Mirjana Marić

Personal information
- Born: January 10, 1970 (age 56) New York City, New York, U.S.

Chess career
- Country: Yugoslavia → Serbia
- Title: Woman Grandmaster (1992)
- FIDE rating: 2263 (November 2012)
- Peak rating: 2333 (July 2000)

= Mirjana Marić =

Serbian chess player (born 1970)

Mirjana Marić (Мирјана Марић; born January 10, 1970) is an American-born Serbian chess player who holds the FIDE title of Woman Grandmaster (WGM). She lives in Belgrade, capital of Serbia (former Yugoslavia), and has a dual Serbian and US citizenship.

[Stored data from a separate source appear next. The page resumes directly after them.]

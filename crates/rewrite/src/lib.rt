// Fold, prune and the result in the lent buffer, one after the other.
#![tactic(auto)]

ghost use Rattle.std.specs.Prelude.{◌≡◌, ◌≤◌, length};
ghost use Rattle.passes.specs.Passes.{Optimised};
ghost use Rattle.passes.specs.Ready.{ReadyToPass};

use block::Refusal;
use laid::Ops;

// An accepted block: its ops, where the first of them starts, and the classes of its variables.
#[derive(Clone, Copy)]
pub struct Source<'a> {
    pub ops: Ops<'a>,
    pub start: usize,
    pub classes: &'a [u8; 256],
    pub ghost ready: { ReadyToPass ops.block.now ops.places.now classes.now start (length ops.places.now) },
}

impl<'a> Source<'a> {
    pub fn new(ops: Ops<'a>, start: usize, classes: &'a [u8; 256]) -> Source<'a>
        requires { ReadyToPass ops.block.now ops.places.now classes.now start (length ops.places.now) }
        ensures { (result.ops ≡ ops.entry) × (result.start ≡ start) × (result.classes.now ≡ classes.now) }
    {
        Source {
            ops,
            start,
            classes,
        }
    }
}

// The pass of an accepted block, with room for the marks and the constants of its ops: the length of its result.
pub fn write_result(
    source: &Source,
    marks: &mut [u8],
    constants: &mut [u64],
    out: &mut [u8],
) -> Result<usize, Refusal>
    requires { (length source.now.ops.places.now ≤ length marks.old) × (length source.now.ops.places.now ≤ length constants.old) }
    ensures { Optimised source.now.ops.block.now out.old result out.new }
{
    let ops = &source.ops;
    fold::fold(ops, marks, constants);
    let size = source.start + prune::prune(ops, source.classes, marks);
    if out.len() < size {
        return Err(Refusal {
            number: 12,
            place: 0,
        });
    }
    emit::emit(ops, marks, constants, out);
    Ok(size)
}
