// Splice: a stretch of a kept word replaced, and its sums brought up to date by the places that changed.

#![tactic(auto)]

ghost use Rattle.std.specs.Prelude.{length};
ghost use Rattle.codes.specs.Work.{Checked};
ghost use Rattle.splice.specs.Splice.{Splices, Spliced, splice_checks};
ghost use Rattle.splice.specs.Work.{SpliceReady, StretchReady, PlaceReady, PlaceSpliced, StretchSpliced};

use codes::Code;
use field::PowerTable;
use kept::Kept;
use sheet::Refusal;

// The record that it got stays with the caller, who goes on with it where the splice is refused.
pub fn splice(stored: Kept, start: usize, stretch: &[u8]) -> Result<Kept, Refusal>
    ensures { Splices stored start stretch.now result }
{
    let code = checks(stored, start, stretch)?;
    Ok(spliced(code, stored, start, stretch))
}

fn checks(stored: Kept, start: usize, stretch: &[u8]) -> Result<Code, Refusal>
    ensures { Checked stored.m stored.t (splice_checks stored start stretch.now) result }
{
    let code = codes::look_up(stored.m, stored.t)?;
    if kept::is_bad(code, stored) {
        return Err(Refusal::RecordContents);
    }
    if bits::runs_past(start, stretch.len(), code.n) {
        return Err(Refusal::StretchEnd);
    }
    if let Some(place) = bits::first_above_one(stretch) {
        return Err(Refusal::BitAboveOne { buffer: 0, place });
    }
    Ok(code)
}

// Past the checks: the powers of a for this m, and the work.
fn spliced(code: Code, stored: Kept, start: usize, stretch: &[u8]) -> Kept
    requires { SpliceReady code stored start stretch.now }
    ensures { Spliced code stored start stretch.now result }
{
    let m = stored.m;
    let t = stored.t;
    let mut bits = stored.bits;
    let mut sums = stored.sums;
    let mut powers = [0; 2046];
    field::fill_powers(code.m, &mut powers);
    let powers = PowerTable {
        m: code.m,
        powers: &powers,
    };
    splice_stretch(&powers, code.t, start, stretch, &mut bits, &mut sums);
    Kept { m, t, bits, sums }
}

fn splice_stretch(
    powers: &PowerTable,
    t: usize,
    start: usize,
    stretch: &[u8],
    bits: &mut [u8],
    sums: &mut [u16],
)
    requires { StretchReady powers.now.m t start stretch.now bits.old sums.old }
    ensures { StretchSpliced powers.now.m t start stretch.now bits.old sums.old
        bits.new sums.new (length stretch.now) }
{
    for (i, b) in stretch.iter().enumerate() {
        splice_place(powers, t, *b, start + i, bits, sums);
    }
}

// Where place p does not hold b yet, b is written there and the place is added to the sums.
fn splice_place(powers: &PowerTable, t: usize, b: u8, p: usize, bits: &mut [u8], sums: &mut [u16])
    requires { PlaceReady powers.now.m t p bits.old sums.old }
    ensures { PlaceSpliced powers.now.m t b p bits.old sums.old bits.new sums.new }
{
    let old = bits[p];
    if old != b {
        bits[p] = b;
        sums::add_place(powers.m, powers.powers, p, t, sums);
    }
}
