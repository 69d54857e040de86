// Strings of plain bytes and one last character, that decode to 500 to 529 bytes: up to 512 are held.
use super::tally::Tally;
use super::texts::Text;

// A quotation mark, n bytes `a`, the bytes `written`, and `x` m times; these decode to the n bytes, `decoded`, and the m.
fn one(n: usize, m: usize, written: &[u8], decoded: &[u8]) -> bool {
    let mut text = Text::new();
    text.put(b'"');
    text.put_times(b"a", n);
    text.put_all(written);
    text.put_times(b"x", m);
    text.put(b'"');
    let mut content = Text::new();
    content.put_times(b"a", n);
    content.put_all(decoded);
    content.put_times(b"x", m);
    text.decodes_to(&content)
}

// How a last character is written, and its UTF-8: of no byte or one, of two or three, of four.
const LAST: [(&[u8], &[u8]); 11] = [
    (b"", b""),
    (b"b", b"b"),
    (b"\\n", b"\x0A"),
    (b"\\u0000", b"\x00"),
    (b"\\u00e9", b"\xC3\xA9"),
    (b"\xC3\xA9", b"\xC3\xA9"),
    (b"\\u20AC", b"\xE2\x82\xAC"),
    (b"\xE2\x82\xAC", b"\xE2\x82\xAC"),
    (b"\\ud83d\\ude00", b"\xF0\x9F\x98\x80"),
    (b"\xF0\x9F\x98\x80", b"\xF0\x9F\x98\x80"),
    (b"\xF4\x8F\xBF\xBF", b"\xF4\x8F\xBF\xBF"),
];

fn one_length(t: Tally, n: usize, m: usize) -> Tally {
    let mut u = t;
    for (written, decoded) in LAST {
        u = u.tell(one(n, m, written, decoded));
    }
    u
}

pub fn all() -> Tally {
    let mut t = Tally::none();
    for n in 500..525 {
        t = one_length(t, n, 0);
        t = one_length(t, n, 1);
    }
    t
}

Marić was born in New York City and introduced to chess at the age of four, together with her 20-minutes-older twin sister Alisa Marić. Alisa and Mirjana are the only twins with grandmaster titles in the history of modern chess.

At an early age, she shared 1-3 place in the World Youth Chess Championship U16 in France 1984 (bronze medal), and won the same competition in Israel in 1985.

Marić was twice Yugoslav Chess Champion, sharing first place with Suzana Maksimovic in 1991. and winning alone in 1993. She played three times for Yugoslavia on Chess Olympiads, in Novi Sad 1990 (2nd team), in Moscow 1994 and Yerevan 1996.

FIDE has awarded her with the Woman International Master (WIM) title in 1988 and with the Woman Grandmaster (WGM) title in 1992.

In the World championship cycles she played on Interzonal tournaments in Subotica 1991 and Jakarta 1993.

She graduated in mathematics at Belgrade University and married international master Zoran Stamenkovic. After 2000 Mirjana Marić has played occasionally, mainly in team events. After a long pause she played in the Serbian women's championship in Pancevo in 2007, and came fourth of 12 participants.